▶ _What needs to be done_
Pick every line out of the entries below that holds the string "settled", and report them.

▶ _Available data_
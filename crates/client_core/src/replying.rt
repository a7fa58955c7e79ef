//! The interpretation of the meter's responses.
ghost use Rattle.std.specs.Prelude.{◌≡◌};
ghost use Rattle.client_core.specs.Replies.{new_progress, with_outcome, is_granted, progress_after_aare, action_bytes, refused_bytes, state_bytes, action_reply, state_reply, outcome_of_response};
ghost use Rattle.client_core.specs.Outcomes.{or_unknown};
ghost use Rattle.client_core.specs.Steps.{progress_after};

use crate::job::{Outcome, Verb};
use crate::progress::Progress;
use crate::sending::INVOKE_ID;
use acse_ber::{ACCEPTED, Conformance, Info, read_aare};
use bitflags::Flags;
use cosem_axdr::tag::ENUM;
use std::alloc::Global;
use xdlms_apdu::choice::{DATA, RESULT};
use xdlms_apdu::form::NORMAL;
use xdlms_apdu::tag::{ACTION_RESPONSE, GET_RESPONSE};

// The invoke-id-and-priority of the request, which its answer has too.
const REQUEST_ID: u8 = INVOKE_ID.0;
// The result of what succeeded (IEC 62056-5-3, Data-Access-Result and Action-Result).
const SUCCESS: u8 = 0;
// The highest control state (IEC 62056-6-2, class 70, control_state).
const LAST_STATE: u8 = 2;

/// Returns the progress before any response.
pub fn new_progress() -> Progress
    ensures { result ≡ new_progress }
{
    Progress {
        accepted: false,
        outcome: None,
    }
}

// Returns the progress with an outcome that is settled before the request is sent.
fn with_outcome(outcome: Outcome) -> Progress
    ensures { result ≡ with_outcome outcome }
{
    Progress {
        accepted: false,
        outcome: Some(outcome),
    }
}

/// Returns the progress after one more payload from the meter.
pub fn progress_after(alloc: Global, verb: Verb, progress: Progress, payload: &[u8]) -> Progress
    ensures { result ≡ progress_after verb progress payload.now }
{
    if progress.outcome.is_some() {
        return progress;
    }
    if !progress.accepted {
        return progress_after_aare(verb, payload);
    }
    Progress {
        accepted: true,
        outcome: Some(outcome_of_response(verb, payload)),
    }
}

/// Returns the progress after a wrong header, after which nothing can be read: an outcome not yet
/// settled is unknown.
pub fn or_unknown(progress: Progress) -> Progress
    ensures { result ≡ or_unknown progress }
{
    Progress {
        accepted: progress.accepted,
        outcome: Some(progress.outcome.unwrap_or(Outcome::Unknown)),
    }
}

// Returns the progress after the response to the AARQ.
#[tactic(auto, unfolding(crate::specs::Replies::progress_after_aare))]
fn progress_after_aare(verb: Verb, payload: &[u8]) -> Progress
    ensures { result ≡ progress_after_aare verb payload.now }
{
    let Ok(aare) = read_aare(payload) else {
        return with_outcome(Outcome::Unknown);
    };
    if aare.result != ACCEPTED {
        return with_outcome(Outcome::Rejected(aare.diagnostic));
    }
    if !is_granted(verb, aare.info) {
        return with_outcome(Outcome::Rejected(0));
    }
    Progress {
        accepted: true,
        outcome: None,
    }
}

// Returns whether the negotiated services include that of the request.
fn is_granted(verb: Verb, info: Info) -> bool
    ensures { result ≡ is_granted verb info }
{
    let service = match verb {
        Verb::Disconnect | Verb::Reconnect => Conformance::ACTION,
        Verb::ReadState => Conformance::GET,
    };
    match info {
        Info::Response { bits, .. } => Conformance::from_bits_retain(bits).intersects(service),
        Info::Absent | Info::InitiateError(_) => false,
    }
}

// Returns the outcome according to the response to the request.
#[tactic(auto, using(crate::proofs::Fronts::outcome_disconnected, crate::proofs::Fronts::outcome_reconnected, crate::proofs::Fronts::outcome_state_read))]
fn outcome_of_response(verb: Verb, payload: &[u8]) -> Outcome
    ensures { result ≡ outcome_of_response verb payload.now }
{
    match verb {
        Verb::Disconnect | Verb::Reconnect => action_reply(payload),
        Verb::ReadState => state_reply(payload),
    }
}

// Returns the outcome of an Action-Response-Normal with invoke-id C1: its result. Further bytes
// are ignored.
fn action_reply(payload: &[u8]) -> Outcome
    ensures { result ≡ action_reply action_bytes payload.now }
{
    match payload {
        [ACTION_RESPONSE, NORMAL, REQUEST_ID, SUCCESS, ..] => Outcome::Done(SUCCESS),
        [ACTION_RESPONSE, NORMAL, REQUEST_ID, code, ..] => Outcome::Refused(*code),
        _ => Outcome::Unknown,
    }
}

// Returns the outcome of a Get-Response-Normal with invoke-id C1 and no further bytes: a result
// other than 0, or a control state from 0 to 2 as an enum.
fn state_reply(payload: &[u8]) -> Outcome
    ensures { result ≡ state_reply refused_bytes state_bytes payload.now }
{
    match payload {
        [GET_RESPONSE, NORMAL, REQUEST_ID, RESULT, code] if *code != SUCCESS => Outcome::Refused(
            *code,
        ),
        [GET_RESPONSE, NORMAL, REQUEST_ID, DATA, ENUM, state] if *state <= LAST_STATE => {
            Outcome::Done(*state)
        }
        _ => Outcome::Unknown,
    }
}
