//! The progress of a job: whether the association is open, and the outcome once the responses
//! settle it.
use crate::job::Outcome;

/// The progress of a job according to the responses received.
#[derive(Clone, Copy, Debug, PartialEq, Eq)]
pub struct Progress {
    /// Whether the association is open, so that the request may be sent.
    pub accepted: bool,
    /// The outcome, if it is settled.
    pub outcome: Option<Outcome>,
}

▶ _Exercise output_
// Returns the progress with an outcome that is settled before the request is sent.
/// settled is unknown.
    /// The outcome, if it is settled.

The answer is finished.